__HOW TO COMPLETE THIS TASK__:
Return only the number of lines in the records below where the string "their" shows up.

Saved entries:
-------------------------
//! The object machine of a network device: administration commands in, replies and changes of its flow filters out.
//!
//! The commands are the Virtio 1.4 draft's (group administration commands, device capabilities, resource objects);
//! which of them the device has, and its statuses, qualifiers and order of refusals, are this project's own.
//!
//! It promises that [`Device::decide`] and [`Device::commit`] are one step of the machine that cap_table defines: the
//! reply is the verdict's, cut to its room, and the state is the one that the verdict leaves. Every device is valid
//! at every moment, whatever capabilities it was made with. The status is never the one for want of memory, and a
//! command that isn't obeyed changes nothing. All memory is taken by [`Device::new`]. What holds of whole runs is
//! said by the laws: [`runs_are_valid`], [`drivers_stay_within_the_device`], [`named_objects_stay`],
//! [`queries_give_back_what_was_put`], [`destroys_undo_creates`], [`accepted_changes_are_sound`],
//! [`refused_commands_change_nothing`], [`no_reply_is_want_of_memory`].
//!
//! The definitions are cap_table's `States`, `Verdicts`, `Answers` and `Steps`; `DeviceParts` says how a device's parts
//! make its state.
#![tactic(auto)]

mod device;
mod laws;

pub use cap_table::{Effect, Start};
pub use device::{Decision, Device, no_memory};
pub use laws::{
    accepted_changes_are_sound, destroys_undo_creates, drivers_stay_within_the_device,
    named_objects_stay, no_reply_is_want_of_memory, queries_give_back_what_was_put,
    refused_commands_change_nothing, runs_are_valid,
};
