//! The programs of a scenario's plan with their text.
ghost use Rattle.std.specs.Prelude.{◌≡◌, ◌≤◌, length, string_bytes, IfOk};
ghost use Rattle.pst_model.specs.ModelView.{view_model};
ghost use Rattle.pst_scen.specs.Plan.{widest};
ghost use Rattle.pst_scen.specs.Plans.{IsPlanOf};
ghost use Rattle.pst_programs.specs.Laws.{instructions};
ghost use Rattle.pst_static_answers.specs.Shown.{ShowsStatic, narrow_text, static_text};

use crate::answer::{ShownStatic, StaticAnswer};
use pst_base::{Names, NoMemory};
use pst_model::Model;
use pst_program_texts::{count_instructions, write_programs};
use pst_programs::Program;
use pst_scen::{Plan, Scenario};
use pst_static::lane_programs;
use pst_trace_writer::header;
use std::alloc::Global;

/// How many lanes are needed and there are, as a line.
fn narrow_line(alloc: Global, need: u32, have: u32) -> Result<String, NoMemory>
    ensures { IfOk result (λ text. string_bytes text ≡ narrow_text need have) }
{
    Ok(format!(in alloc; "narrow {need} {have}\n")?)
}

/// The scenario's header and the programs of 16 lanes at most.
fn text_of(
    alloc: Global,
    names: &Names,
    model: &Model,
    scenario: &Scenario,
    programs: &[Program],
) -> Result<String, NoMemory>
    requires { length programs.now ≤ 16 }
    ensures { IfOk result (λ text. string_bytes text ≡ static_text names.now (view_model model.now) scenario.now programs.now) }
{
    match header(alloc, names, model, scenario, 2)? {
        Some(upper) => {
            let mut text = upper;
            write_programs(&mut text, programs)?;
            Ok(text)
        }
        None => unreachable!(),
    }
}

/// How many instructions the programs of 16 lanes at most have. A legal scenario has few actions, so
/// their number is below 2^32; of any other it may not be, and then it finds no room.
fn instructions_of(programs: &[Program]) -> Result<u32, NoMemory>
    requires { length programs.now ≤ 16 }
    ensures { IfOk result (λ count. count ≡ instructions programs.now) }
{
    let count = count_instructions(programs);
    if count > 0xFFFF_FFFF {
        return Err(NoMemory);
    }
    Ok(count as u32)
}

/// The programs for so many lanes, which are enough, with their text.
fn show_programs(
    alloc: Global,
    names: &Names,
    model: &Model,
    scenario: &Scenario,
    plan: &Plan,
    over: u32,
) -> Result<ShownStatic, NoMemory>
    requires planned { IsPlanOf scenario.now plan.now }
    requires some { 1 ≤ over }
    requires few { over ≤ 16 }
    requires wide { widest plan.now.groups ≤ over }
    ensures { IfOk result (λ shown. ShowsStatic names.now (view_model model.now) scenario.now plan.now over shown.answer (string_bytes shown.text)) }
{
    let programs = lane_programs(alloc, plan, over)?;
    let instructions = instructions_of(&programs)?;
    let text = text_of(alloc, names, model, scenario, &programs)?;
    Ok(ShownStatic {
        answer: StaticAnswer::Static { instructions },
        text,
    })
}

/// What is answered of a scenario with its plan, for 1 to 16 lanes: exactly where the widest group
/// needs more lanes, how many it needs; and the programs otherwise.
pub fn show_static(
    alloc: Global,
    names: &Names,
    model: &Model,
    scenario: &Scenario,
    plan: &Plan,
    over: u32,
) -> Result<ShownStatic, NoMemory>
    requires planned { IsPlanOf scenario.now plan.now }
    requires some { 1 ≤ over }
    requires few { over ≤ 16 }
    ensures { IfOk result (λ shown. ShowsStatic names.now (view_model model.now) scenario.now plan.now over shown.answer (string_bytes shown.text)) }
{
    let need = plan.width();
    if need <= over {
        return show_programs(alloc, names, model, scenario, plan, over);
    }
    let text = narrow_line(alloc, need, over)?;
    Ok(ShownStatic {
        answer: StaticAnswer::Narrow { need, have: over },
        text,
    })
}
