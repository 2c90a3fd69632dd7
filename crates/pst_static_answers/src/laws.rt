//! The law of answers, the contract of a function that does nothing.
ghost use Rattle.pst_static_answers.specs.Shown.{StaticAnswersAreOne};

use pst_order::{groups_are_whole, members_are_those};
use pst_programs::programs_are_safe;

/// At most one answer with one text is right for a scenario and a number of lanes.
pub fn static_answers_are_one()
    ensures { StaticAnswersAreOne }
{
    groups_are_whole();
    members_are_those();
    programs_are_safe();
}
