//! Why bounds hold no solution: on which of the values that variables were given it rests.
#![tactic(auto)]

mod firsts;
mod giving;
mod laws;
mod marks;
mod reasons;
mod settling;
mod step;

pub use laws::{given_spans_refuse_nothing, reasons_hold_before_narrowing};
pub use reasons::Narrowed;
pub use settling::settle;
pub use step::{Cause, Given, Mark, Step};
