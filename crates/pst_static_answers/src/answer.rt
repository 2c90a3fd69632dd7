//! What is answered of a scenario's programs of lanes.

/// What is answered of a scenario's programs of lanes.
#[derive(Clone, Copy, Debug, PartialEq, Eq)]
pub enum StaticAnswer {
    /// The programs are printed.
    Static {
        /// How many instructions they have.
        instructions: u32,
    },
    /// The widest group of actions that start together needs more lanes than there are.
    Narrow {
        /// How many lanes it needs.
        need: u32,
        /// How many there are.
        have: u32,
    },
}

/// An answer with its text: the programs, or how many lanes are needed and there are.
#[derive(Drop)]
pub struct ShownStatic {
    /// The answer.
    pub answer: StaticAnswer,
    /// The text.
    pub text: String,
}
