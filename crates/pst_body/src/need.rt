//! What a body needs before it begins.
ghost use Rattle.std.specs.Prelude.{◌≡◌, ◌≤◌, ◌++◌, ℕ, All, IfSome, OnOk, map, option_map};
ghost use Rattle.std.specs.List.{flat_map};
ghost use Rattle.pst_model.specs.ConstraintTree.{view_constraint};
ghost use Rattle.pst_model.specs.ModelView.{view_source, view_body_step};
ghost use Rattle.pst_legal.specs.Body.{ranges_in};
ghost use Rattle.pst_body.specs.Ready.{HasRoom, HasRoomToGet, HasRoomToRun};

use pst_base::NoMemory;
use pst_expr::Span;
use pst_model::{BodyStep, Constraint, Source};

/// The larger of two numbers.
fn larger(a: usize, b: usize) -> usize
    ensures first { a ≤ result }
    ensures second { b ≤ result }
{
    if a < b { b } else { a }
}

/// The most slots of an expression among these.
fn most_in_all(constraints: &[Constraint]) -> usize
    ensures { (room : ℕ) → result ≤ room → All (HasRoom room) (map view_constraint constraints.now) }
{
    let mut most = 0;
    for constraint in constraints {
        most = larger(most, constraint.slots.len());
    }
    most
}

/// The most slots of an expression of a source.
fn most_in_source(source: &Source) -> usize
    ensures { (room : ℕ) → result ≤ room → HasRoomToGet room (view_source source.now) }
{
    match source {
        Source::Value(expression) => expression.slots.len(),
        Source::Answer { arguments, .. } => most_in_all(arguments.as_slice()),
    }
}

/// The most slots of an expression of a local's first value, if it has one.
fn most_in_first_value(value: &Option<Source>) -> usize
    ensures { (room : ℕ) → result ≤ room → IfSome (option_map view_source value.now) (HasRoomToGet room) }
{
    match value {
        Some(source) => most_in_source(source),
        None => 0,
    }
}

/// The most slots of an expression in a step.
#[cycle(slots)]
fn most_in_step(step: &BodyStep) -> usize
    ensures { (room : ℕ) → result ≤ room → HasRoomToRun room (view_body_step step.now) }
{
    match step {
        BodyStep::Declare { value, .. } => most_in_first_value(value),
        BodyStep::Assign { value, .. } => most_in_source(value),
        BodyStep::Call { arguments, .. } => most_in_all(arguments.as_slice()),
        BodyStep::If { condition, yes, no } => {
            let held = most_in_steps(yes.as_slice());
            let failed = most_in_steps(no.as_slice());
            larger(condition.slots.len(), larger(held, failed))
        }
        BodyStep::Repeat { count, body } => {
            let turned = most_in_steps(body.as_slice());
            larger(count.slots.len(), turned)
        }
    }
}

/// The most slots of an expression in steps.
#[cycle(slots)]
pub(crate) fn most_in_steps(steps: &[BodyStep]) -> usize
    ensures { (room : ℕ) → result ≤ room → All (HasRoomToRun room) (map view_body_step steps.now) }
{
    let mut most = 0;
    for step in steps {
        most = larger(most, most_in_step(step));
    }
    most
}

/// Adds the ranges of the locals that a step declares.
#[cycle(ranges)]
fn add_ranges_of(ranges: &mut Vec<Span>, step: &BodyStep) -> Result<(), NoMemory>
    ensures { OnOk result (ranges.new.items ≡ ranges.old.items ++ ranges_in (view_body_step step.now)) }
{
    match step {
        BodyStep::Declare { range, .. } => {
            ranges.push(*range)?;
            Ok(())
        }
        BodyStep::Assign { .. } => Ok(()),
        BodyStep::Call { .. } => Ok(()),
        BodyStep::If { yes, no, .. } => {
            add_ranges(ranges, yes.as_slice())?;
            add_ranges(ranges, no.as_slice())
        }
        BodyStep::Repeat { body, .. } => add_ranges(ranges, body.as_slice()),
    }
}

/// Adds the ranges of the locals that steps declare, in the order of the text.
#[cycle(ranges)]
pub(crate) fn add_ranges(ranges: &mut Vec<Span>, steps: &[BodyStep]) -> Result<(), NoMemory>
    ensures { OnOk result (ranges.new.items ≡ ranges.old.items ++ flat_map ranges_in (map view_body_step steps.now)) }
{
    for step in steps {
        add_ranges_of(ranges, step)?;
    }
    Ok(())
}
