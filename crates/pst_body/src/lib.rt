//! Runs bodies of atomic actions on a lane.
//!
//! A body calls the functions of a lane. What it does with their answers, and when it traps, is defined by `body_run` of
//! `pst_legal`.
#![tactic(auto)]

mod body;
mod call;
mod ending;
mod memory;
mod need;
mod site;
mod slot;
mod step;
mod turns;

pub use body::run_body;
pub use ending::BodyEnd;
-------------------------
__OUTPUT FOR THIS EXERCISE__:
4